Education

Teaching Artist

 

Teaching Artist Spotlight: Georgia Adamson

Since its inception in 2009, Georgia Adamson has been a Teaching Artist for STC’s School Drama™. Not only is Georgia an accomplished actor, recently appearing in STC's The Secret River, she is also a passionate advocate for using drama in the classroom. 
 
In your opinion, what is the most valuable aspect of School Drama?
 
I think there are two equally valuable aspects to the program. The pedagogy is undeniably effective and the results we see in children across a broad range of circumstances speak for themselves. The other aspect of the program that is key to its success is its structure.

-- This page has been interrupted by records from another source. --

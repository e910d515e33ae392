// What crosses the C interface, as structs of numbers and arrays, and what it stands for: heads of jobs both ways, answers on the way out.
#![tactic(auto)]

pub mod answers;
pub mod head;

#[repr(C)]
#[derive(Clone, Copy)]
pub struct CRegister {
    pub refusal: u32,
    pub alone: u32,
    pub length: usize,
}

#[repr(C)]
#[derive(Clone, Copy)]
pub struct CColumns {
    pub refusal: u32,
    pub tried: usize,
    pub marks: [u64; 4],
}

// The head of a job. The header's struct of a job has the arrays beside it, and lends them.
#[repr(C)]
#[derive(Clone, Copy)]
pub struct CHead {
    pub phase: u32,
    pub alone: u32,
    pub length: usize,
    pub rows: usize,
    pub columns: usize,
    pub marks: [u64; 4],
    pub checks: [u16; 8],
    pub exponent: u32,
}

#[repr(C)]
#[derive(Clone, Copy)]
pub struct CShaped {
    pub refusal: u32,
    pub head: CHead,
}

#[repr(C)]
#[derive(Clone, Copy)]
pub struct CAnswer {
    pub refusal: u32,
    pub unfinished: u32,
    pub count: usize,
    pub tried: usize,
    pub marks: [u64; 4],
}

#[repr(C)]
#[derive(Clone, Copy)]
pub struct CPeeked {
    pub refusal: u32,
    pub length: usize,
}

#[repr(C)]
#[derive(Clone, Copy)]
pub struct CAnswered {
    pub answer: CAnswer,
    pub head: CHead,
}

// What a turn among eight jobs answers: the number of the job that it served, 8 where none is unfinished, and what the step said.
#[repr(C)]
#[derive(Clone, Copy)]
pub struct CTurned {
    pub job: usize,
    pub answer: CAnswer,
}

Working with the teacher in their classroom on a weekly basis for seven weeks means that we are able to genuinely collaborate, respond to the needs of their particular students and give the teacher the opportunity to really start to embed this way of working into their day to day work in the classroom.
 
What changes you have seen, in students or teachers, as a result of School Drama?
 
I’ve lost count of the number of times I’ve heard a teacher say “I never knew that student had this in them!” Coming to the same lessons but with a different approach frequently gives teachers the opportunity to see new sides or strengths in their own students. Experiencing changes like that firsthand, of course, inspires the teacher to really dive into the work. 
 
It’s a wonderful thing to see someone who in Week 1, is a little wary and unsure sitting in front of their class in Week 7 ‘in role’ and corralling a room full of characters that the students have created, debating an issue related to the text. The sense of play, the subversion of status, and the freedom for students to experiment with other voices and points of view all bring an energy and engagement to the classroom that last well beyond the program.
 
How does your experience as a Teaching Artist influence your work as an actor?
 
In the years that I’ve been teaching on the program, I’ve seen my confidence as an actor grow significantly. I think there are a few reasons for this: recognising that the skills that I have developed as an actor are useful in another forum is a wonderful thing, and feeling genuinely useful is excellent for my sense of self; the program’s focus on story and character has also been something that I’ve carried back into my work, particularly in improvisation and devising.
 
It would be fair to say that working on this program has broadened my sense of what it means to be an actor, that the way we work with story, communication and expression is something that can be extended and celebrated well beyond the confines of a theatre or set. And that’s a wonderful thing!